As legal battles are worn, there is a dramatic shift towards the best foreign aid agencies of the US government.
On Tuesday, the Trump administration fired USAID inspector Paul K. Martin. He risked the misuse and waste of hundreds of millions of taxpayer dollars at risk the day after he issued a warning that staff cuts and spending would freeze. I'm well versed in dismissals.
The report recorded confusion over the exemption. Almost $500 million in food aid is at risk of corruption, and its ability to return partner organizations to veterinarians has made it even more difficult to ensure that US money is not heading towards terrorism. I did.
Also, on Tuesday, the agency made another round of cuts to the contractor.
And recently, the General Services Agency, the federal agency that oversees building leases and other contracts, has ended the lease of USAID at its headquarters in the Ronald Reagan Building in downtown Washington. The General Services Department said in a statement Tuesday that it knocked down the aid agency signs and that the 570,000 square feet of space will be “reused to meet the needs of other governments.”
On Monday, USAID employees in the building lobby reported that they saw staff from other agencies, including U.S. Customs and Border Protection, inspecting office spaces.

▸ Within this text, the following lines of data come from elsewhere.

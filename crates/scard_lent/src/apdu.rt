//! Commands and responses (ISO/IEC 7816-3, clause 12; ISO/IEC 7816-4, clause 5.1).

ghost use Rattle.std.specs.Prelude.{◌≡◌, ◌≢◌, ◌≤◌, ◌<◌, length, IfSome, Some};
ghost use Rattle.octet_core.specs.Grammar.{whole, Refuses};
ghost use Rattle.apdu_core.specs.Command.{IsCommand, IsReason};
ghost use Rattle.apdu_core.specs.Response.{IsResponse, IsReason as IsResponseReason};
ghost use Rattle.apdu_core.specs.Status.{IsOfClass};
ghost use Rattle.apdu_core.specs.declared.status.StatusClass.{StatusClass as AnyClass};
ghost use Rattle.c_lent.specs.Verdict.{Tells, Puts, ok_at, wrong_argument};
ghost use Rattle.c_lent.specs.Apdu.{command_reason, response_reason, class_number, body_with, command_with, HasBody, IsDecoded, IsDecodedResponse};

use c_lent::apdu::{CCommand, CResponse};
use c_lent::verdict::Verdict;

/// Decodes a command, which must be all of the octets. The place of `OK` is their number.
#[unsafe(no_mangle)]
pub extern "C" fn scard_command_decode(octets: &[u8], out: &mut CCommand) -> Verdict
    ensures ok { result.status ≡ 0 → IsDecoded octets.now out.new }
    ensures place { result.status ≡ 0 → result ≡ ok_at (length octets.now) }
    ensures refused { result.status ≢ 0 →
        Tells command_reason (Refuses whole IsCommand IsReason octets.now) result }
    ensures stays { result.status ≢ 0 → out.new ≡ out.old }
{
    c_lent::apdu::command_decode(octets, out)
}

/// Decodes a response, which must be all of the octets. The place of `OK` is their number.
#[unsafe(no_mangle)]
pub extern "C" fn scard_response_decode(octets: &[u8], out: &mut CResponse) -> Verdict
    ensures ok { result.status ≡ 0 → IsDecodedResponse octets.now out.new }
    ensures place { result.status ≡ 0 → result ≡ ok_at (length octets.now) }
    ensures refused { result.status ≢ 0 →
        Tells response_reason (Refuses whole IsResponse IsResponseReason octets.now) result }
    ensures stays { result.status ≢ 0 → out.new ≡ out.old }
{
    c_lent::apdu::response_decode(octets, out)
}

/// Encodes a command with the header, the shape and the Le of a struct, and with this data field. No other field of the
/// struct is read.
///
/// Returns `ARGUMENT` with place 0 if there is no such command. Then the shape isn't 1 to 7, the shape excludes the
/// data field or the Le, or the shape's length fields can't express them.
#[unsafe(no_mangle)]
pub extern "C" fn scard_command_encode(command: &CCommand, field: &[u8], out: &mut [u8]) -> Verdict
    ensures written { IfSome (body_with command.now.shape command.now.le field.now)
        (λ body. HasBody (Some body) →
        Puts (IsCommand (command_with command.now body)) out.old out.new result) }
    ensures unfit { (HasBody (body_with command.now.shape command.now.le field.now) → ⊥) →
        result ≡ wrong_argument 0 }
    ensures stays { result.status ≢ 0 → out.new ≡ out.old }
{
    c_lent::apdu::command_encode(command, field, out)
}

/// Encodes a response with this data field and these status bytes. Returns `ARGUMENT` with place 0 if the field has
/// more than 65,536 octets.
#[unsafe(no_mangle)]
pub extern "C" fn scard_response_encode(field: &[u8], sw1: u8, sw2: u8, out: &mut [u8]) -> Verdict
    ensures written { length field.now ≤ 65536 →
        Puts (IsResponse (record { part = field.now; sw1 = sw1; sw2 = sw2 })) out.old out.new result }
    ensures long { 65536 < length field.now → result ≡ wrong_argument 0 }
    ensures stays { result.status ≢ 0 → out.new ≡ out.old }
{
    c_lent::apdu::response_encode(field, sw1, sw2, out)
}

/// Returns the class of two status bytes: 1 normal, 2 warning, 3 execution error, 4 checking error, 5 proprietary, 6
/// invalid.
#[unsafe(no_mangle)]
pub extern "C" fn scard_status_class(sw1: u8, sw2: u8) -> u8
    ensures { (class : AnyClass) × IsOfClass class sw1 sw2 × (result ≡ class_number class) }
{
    c_lent::apdu::status_class(sw1, sw2)
}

According to a copy of an internal email obtained by the New York Times, the employee learned Tuesday that he lost parking privileges due to the agency's lease being cancelled.
Most agency employees are prohibited from joining headquarters for more than a week, but some of them have access to their work email accounts this week to prepare for their departure.

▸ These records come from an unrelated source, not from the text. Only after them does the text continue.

//! Which rules and states of T=1 a block exercises (ISO/IEC 7816-3:2006, clause 11.6). Nothing is allocated.

ghost use Rattle.std.specs.Prelude.{◌≡◌, ◌≢◌, IfSome, IfNone};
ghost use Rattle.c_lent.specs.Verdict.{ok_at, wrong_argument};
ghost use Rattle.c_lent.specs.KeptJudge.{side_of};
ghost use Rattle.c_lent.specs.LentJudge.{arrival_of};
ghost use Rattle.c_lent.specs.LentExercise.{IsExercised};

use c_lent::kept_judge::CJudge;
use c_lent::lent_exercise::CExercise;
use c_lent::verdict::Verdict;

/// Says which rules octets of an end keep or break as one block, and what was due. The judge doesn't take them:
/// `scard_lent_judge_block` does, with the same arguments. Returns `ARGUMENT` for another number of an end or an arrival.
/// Then nothing changes.
#[unsafe(no_mangle)]
pub extern "C" fn scard_lent_judge_exercise(
    state: &CJudge,
    from: u8,
    octets: &[u8],
    arrival: u8,
    came: &[u8],
    out: &mut CExercise,
) -> Verdict
    ensures exercised { IfSome (side_of from)
        (λ side. IfSome (arrival_of arrival came.entry) (λ how.
        (result ≡ ok_at 0) × IsExercised state.now side octets.now how out.new)) }
    ensures side { IfNone (side_of from) (result ≡ wrong_argument 0) }
    ensures arrival { IfNone (arrival_of arrival came.entry) (result ≡ wrong_argument 0) }
    ensures stays { result.status ≢ 0 → out.new ≡ out.old }
{
    c_lent::lent_exercise::lent_judge_exercise(state, from, octets, arrival, came, out)
}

Foreign services officials working abroad have been ordered to leave this month's post and return to the US this month. The order is temporarily delayed by a federal judge who will hear the next debate in Thursday's case.
Employees say they expect a large portion of the USAID workforce to be fired or pushed out, and a small number of people are expected to be absorbed by the State Department. Both Trump and Musk, who posted dark conspiracy theories about aid agencies on social media platform X, are seeking a mise.